The A-10s at Indiana’s Fort Wayne Air National Guard Station will be decommissioned and replaced with F-16s. Some lawmakers have battled to keep the A-10 around, while other Air Force officers have sought to move on from the ground strike aircraft for years.

The service nearly killed off the F-22 because some of the older Block 20 Raptors were scheduled for retirement. In the opinion of some legislators, both planes are prohibitively expensive to operate and keep in good repair. A good illustration of this is the F-22, which will cost roughly $1.8 billion to maintain for the next eight years.

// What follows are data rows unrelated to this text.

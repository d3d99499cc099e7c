//! Parses the words of the command line.

ghost use Rattle.std.specs.Prelude.{◌≡◌, ◌≤◌, Option, Some, map, option_map, string_bytes, IfSome};
ghost use Rattle.uipd.specs.Words.{task_meant, task_of, check_words as words_of_check, pack_words as words_of_pack};
ghost use Rattle.uipd.specs.Words.{serve_words as words_of_serve, ether_words as words_of_ether};
ghost use Rattle.uipd.specs.Words.{upgrade_words as words_of_upgrade};
ghost use Rattle.uipd.specs.Words.{load_words as words_of_load, page_words as words_of_page, replay_words as words_of_replay};
ghost use Rattle.uipd.specs.Words.{Captures, Dumps, slip_words as words_of_slip, plays_back as played_back};
ghost use Rattle.uipd.specs.Words.{number_within as number_meant_within, items_named as items_spelled};
ghost use Rattle.uipd.specs.Words.{shown as text_asked};
ghost use Rattle.uipd.specs.Words.{ends_here as no_more, limited as limits_meant, limits_at as limits_after};
ghost use Rattle.uipd.specs.Words.{limits_of as limits_spelled, ends_in_tty as terminal_reported};
ghost use Rattle.uipd.specs.Allowed.{IsAllowed};
ghost use Rattle.uip_wire.specs.Numerals.{numeral as number_meant};

use crate::help::{HELP, VERSION};
use crate::parts::{are_kind_words, have_parts};
use ethernet_arp::Mac;
use uip_wire::{Addr, numeral};

/// The pace at which the bytes of a line make ticks, if it is above 0, and the greatest number of items that are consumed.
#[derive(Clone, Copy, Debug, PartialEq, Eq)]
pub struct Limits {
    pub pace: u64,
    pub items: u64,
}

/// How a line carries datagrams.
/// [add: line-kind] A variant with what its words give.
#[derive(Clone, Copy, Debug, PartialEq, Eq)]
pub enum LineKind {
    /// A serial line (RFC 1055).
    Serial,
    /// Ethernet frames of a host with this hardware address, each after its length in two bytes.
    Ethernet(Mac),
}

/// The application on the connections of a node.
/// [add: application] A variant with its ports.
#[derive(Clone, Copy, Debug, PartialEq, Eq)]
pub enum Application {
    /// The web server, at port 80.
    Web,
    /// The web server at port 80, and the shell at port 23.
    Desk,
}

/// A line that is served at an address.
#[derive(Clone, Copy, Debug, PartialEq, Eq)]
pub struct ServedLine {
    pub own: Addr,
    pub kind: LineKind,
    pub application: Application,
    pub limits: Limits,
}

/// What the words ask for.
/// [add: command] A variant with its words.
#[derive(Clone, Copy, Debug, PartialEq, Eq)]
pub enum Command<'a> {
    /// `serve SITE ADDR`, `desk SITE ADDR` or `ether SITE ADDR MAC`, and further words: serves the line by the web server of a
    /// site, at a desk beside the shell.
    Serve(&'a str, ServedLine),
    /// `check SITE`: reports the files of an image, with the greatest lengths of their pages.
    Check(&'a str),
    /// `pack NAME=FILE ..`: packs files into an image.
    Pack(&'a [String]),
    /// `upgrade SITE NAME=TYPE ..`: upgrades an image to version 2, which gives each file a content type.
    Upgrade(&'a str, &'a [String]),
    /// `page SITE TARGET`: writes the page of a target, as a node sends it before anything has happened.
    Page(&'a str, &'a str),
    /// `replay SITE SCHEDULE`, and optionally `show`: plays a schedule by the web server of a site, and writes the report.
    Replay(&'a str, &'a str, bool),
    /// `load SITE SEED CLIENTS`: plays the schedule of a seed for 1 to 64 clients by the web server of a site, and writes one
    /// line.
    Load(&'a str, u64, u8),
    /// `dump`, and further words: writes a line of text for each frame of the line, up to a number of items.
    Dump(u64),
    /// `pcap`, and further words: writes a capture file of the line's datagrams, up to a number of items.
    Pcap(u64),
    /// `slip`, and optionally `items N`: converts a capture file to a serial line, up to a number of items.
    Slip(u64),
    /// `--help` or `--version`: writes a text of the program.
    Show(&'a [u8]),
}

/// Parses the words, if they have a form.
/// [add: command] An arm for its first word.
pub fn command_of(words: &[String]) -> Option<Command<'_>>
    ensures task { option_map task_meant result ≡ task_of (map string_bytes words.now) }
    ensures allowed { IfSome result IsAllowed }
{
    match words {
        [] => None,
        [command, words @ ..] if command.as_str() == "serve" => {
            serve_words(Application::Web, words)
        }
        [command, words @ ..] if command.as_str() == "desk" => {
            serve_words(Application::Desk, words)
        }
        [command, words @ ..] if command.as_str() == "ether" => ether_words(words),
        [command, words @ ..] if command.as_str() == "check" => check_words(words),
        [command, words @ ..] if command.as_str() == "pack" => pack_words(words),
        [command, words @ ..] if command.as_str() == "upgrade" => upgrade_words(words),
        [command, words @ ..] if command.as_str() == "page" => page_words(words),
        [command, words @ ..] if command.as_str() == "replay" => replay_words(words),
        [command, words @ ..] if command.as_str() == "load" => load_words(words),
        [command, words @ ..] if command.as_str() == "dump" => dump_words(words),
        [command, words @ ..] if command.as_str() == "pcap" => pcap_words(words),
        [command, words @ ..] if command.as_str() == "slip" => slip_words(words),
        [command, words @ ..] if command.as_str() == "--help" => shown(HELP, words),
        [command, words @ ..] if command.as_str() == "--version" => shown(VERSION, words),
        _ => None,
    }
}

/// Parses the words after `serve` and `desk`: `SITE ADDR`, and further words.
fn serve_words(application: Application, words: &[String]) -> Option<Command<'_>>
    ensures { option_map task_meant result ≡ words_of_serve application (map string_bytes words.now) }
{
    match words {
        [site, address, words @ ..] => Some(Command::Serve(
            site,
            ServedLine {
                own: Addr::parse(address.as_bytes())?,
                kind: LineKind::Serial,
                application,
                limits: limits_of(words)?,
            },
        )),
        _ => None,
    }
}

/// Parses the words after `ether`: `SITE ADDR MAC`, and further words.
fn ether_words(words: &[String]) -> Option<Command<'_>>
    ensures { option_map task_meant result ≡ words_of_ether (map string_bytes words.now) }
{
    match words {
        [site, address, mac, words @ ..] => Some(Command::Serve(
            site,
            ServedLine {
                own: Addr::parse(address.as_bytes())?,
                kind: LineKind::Ethernet(Mac::parse(mac.as_bytes())?),
                application: Application::Web,
                limits: limits_of(words)?,
            },
        )),
        _ => None,
    }
}

/// Parses the further words of a line: optionally `pace K`, then optionally `items N`, then optionally `tty`.
fn limits_of(words: &[String]) -> Option<Limits>
    ensures { result ≡ limits_spelled (map string_bytes words.now) }
{
    match words {
        [word, number, rest @ ..] => {
            if word.as_str() == "pace" {
                return limits_at(number_of(number)?, rest);
            }
            limits_at(0, words)
        }
        _ => limits_at(0, words),
    }
}

/// Parses the words after the pace.
fn limits_at(pace: u64, words: &[String]) -> Option<Limits>
    ensures { result ≡ limits_after pace (map string_bytes words.now) }
{
    match words {
        [word, number, rest @ ..] => {
            if word.as_str() == "items" {
                return limited(pace, number_of(number)?, rest);
            }
            limited(pace, u64::MAX, words)
        }
        _ => limited(pace, u64::MAX, words),
    }
}

fn limited(pace: u64, items: u64, words: &[String]) -> Option<Limits>
    ensures { result ≡ limits_meant pace items (map string_bytes words.now) }
{
    if ends_here(words) {
        Some(Limits { pace, items })
    } else {
        None
    }
}

/// Returns whether the last word is `tty`: then an empty read is a silence.
pub fn ends_in_tty(words: &[String]) -> bool
    ensures { result ≡ terminal_reported (map string_bytes words.now) }
{
    match words.last() {
        Some(word) => word.as_str() == "tty",
        None => false,
    }
}

/// Returns whether there are no more words, or `tty` alone.
fn ends_here(words: &[String]) -> bool
    ensures { result ≡ no_more (map string_bytes words.now) }
{
    match words {
        [] => true,
        [word] => word.as_str() == "tty",
        _ => false,
    }
}

/// Parses the words after `check`.
fn check_words(words: &[String]) -> Option<Command<'_>>
    ensures { option_map task_meant result ≡ words_of_check (map string_bytes words.now) }
{
    match words {
        [site] => Some(Command::Check(site)),
        _ => None,
    }
}

/// Parses the words after `pack`, at least one.
fn pack_words(words: &[String]) -> Option<Command<'_>>
    ensures { option_map task_meant result ≡ words_of_pack (map string_bytes words.now) }
{
    if words.is_empty() || !have_parts(words) {
        return None;
    }
    Some(Command::Pack(words))
}

/// Parses the words after `upgrade`: the site, and words that each give a file a content type.
fn upgrade_words(words: &[String]) -> Option<Command<'_>>
    ensures task { option_map task_meant result ≡ words_of_upgrade (map string_bytes words.now) }
    ensures allowed { IfSome result IsAllowed }
{
    match words {
        [site, kinds @ ..] if are_kind_words(kinds) => Some(Command::Upgrade(site, kinds)),
        _ => None,
    }
}

/// Parses the words after `page`.
fn page_words(words: &[String]) -> Option<Command<'_>>
    ensures { option_map task_meant result ≡ words_of_page (map string_bytes words.now) }
{
    match words {
        [site, target] => Some(Command::Page(site, target)),
        _ => None,
    }
}

/// Parses the words after `replay`: the site and the schedule, and optionally `show`.
fn replay_words(words: &[String]) -> Option<Command<'_>>
    ensures { option_map task_meant result ≡ words_of_replay (map string_bytes words.now) }
{
    match words {
        [site, schedule] => Some(Command::Replay(site, schedule, false)),
        [site, schedule, word] if word.as_str() == "show" => {
            Some(Command::Replay(site, schedule, true))
        }
        _ => None,
    }
}

/// Parses the words after `load`: the site, the seed, and the number of clients, from 1 to 64.
fn load_words(words: &[String]) -> Option<Command<'_>>
    ensures task { option_map task_meant result ≡ words_of_load (map string_bytes words.now) }
    ensures allowed { IfSome result IsAllowed }
{
    match words {
        [site, seed, clients] => {
            let (seed, clients) = (number_of(seed)?, within(1, 64, clients)?);
            Some(Command::Load(site, seed, clients as u8))
        }
        _ => None,
    }
}

/// Parses the words after `dump`.
fn dump_words(words: &[String]) -> Option<Command<'_>>
    ensures { option_map task_meant result ≡ option_map Dumps (items_spelled (map string_bytes words.now)) }
{
    Some(Command::Dump(items_of(words)?))
}

/// Parses the words after `pcap`.
fn pcap_words(words: &[String]) -> Option<Command<'_>>
    ensures { option_map task_meant result ≡ option_map Captures (items_spelled (map string_bytes words.now)) }
{
    Some(Command::Pcap(items_of(words)?))
}

/// Parses the greatest number of items of a line: optionally `items N`, then optionally `tty`.
fn items_of(words: &[String]) -> Option<u64>
    ensures { result ≡ items_spelled (map string_bytes words.now) }
{
    Some(limits_at(0, words)?.items)
}

/// Parses the words after `slip`: optionally `items N`. A file has no silences, so `tty` is not allowed.
fn slip_words(words: &[String]) -> Option<Command<'_>>
    ensures { option_map task_meant result ≡ words_of_slip (map string_bytes words.now) }
{
    match words {
        [word, number, words @ ..] if word.as_str() == "items" => {
            plays_back(number_of(number)?, words)
        }
        _ => plays_back(u64::MAX, words),
    }
}

fn plays_back<'a>(items: u64, words: &[String]) -> Option<Command<'a>>
    ensures { option_map task_meant result ≡ played_back items (map string_bytes words.now) }
{
    if words.is_empty() {
        Some(Command::Slip(items))
    } else {
        None
    }
}

/// Returns a text of the program, if no words follow the one that asks for it.
fn shown<'a>(text: &'a [u8], words: &[String]) -> Option<Command<'a>>
    ensures task { option_map task_meant result ≡ text_asked text.now (map string_bytes words.now) }
    ensures allowed { IfSome result IsAllowed }
{
    match words {
        [] => Some(Command::Show(text)),
        _ => None,
    }
}

/// Parses a number of a range.
pub(crate) fn within(low: u64, high: u64, text: &str) -> Option<u64>
    ensures number { result ≡ number_meant_within low high text.now }
    ensures range { IfSome result (λ n. (low ≤ n) × (n ≤ high)) }
{
    let number = number_of(text)?;
    if low <= number && number <= high {
        Some(number)
    } else {
        None
    }
}

/// Parses a decimal number below 2^64.
pub(crate) fn number_of(text: &str) -> Option<u64>
    ensures { result ≡ number_meant text.now }
{
    numeral(text.as_bytes())
}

Maintenance and support personnel funding for the F-22 is enshrined in the NDAA. This policy measure authorizes no decrease in F-22 production. The bill mandates research on upgrading older Block 20 Raptors to the latest Block 30 and 35 models.

Other types of planes, like F-16 C/Ds and F-15 C/Ds, will be removed from the Air Force’s active-duty fleet over time. The number of aircraft in the fleet will be reduced from 1,970 to 1,800 in total. The Air Force will update Congress once more on the effects of these impending reductions on the force’s readiness and posture.

There are benefits and drawbacks to the A-10. During the conflicts in Iraq and Afghanistan, it made its country proud by providing crucial close air support to beleaguered troops on the ground. Its deadly 30mm GAU-8/A Avenger cannon wreaked havoc on opposing forces. The plane’s effectiveness against contemporary air defenses concerns certain Air Force officers and lawmakers. The plane flies at a sluggish, low altitude. It is incapable of avoiding a barrage of surface-to-air missiles in contested airspace.

Air Force Chief of Staff General CQ Brown told Congress in April that the A-10 is a wonderful platform for a permissive environment. We shouldn’t be rolling into too many hospitable situations shortly if any at all.

Several lawmakers say that reducing the number of U.S. stealth planes is too soon, even though they are expensive per hour of flight. It is because China is increasing production of the J-20 Mighty Dragon, a stealth fighter, and they could use the money saved by getting rid of older planes to buy more platforms like the F-35, which is the main idea behind the decrease in force. The Air Force would be unable to keep up with China’s quick production of the new J-20 if it were to get only the 38 new F-35s requested in the NDAA. The Next Generation Air Dominance Fighter and the new F-15EX Eagle II require financing for the branch.

The compromise between Congress and the Air Force shouldn’t hurt the military too much. Those A-10s were part of the reserve force, and the F-22s had room to grow. But China is making new jets, so the U.S. must keep up or risk falling behind. As a result of this evaluation, many lawmakers have decided that FY23 is not the right time to begin retiring F-22s from service.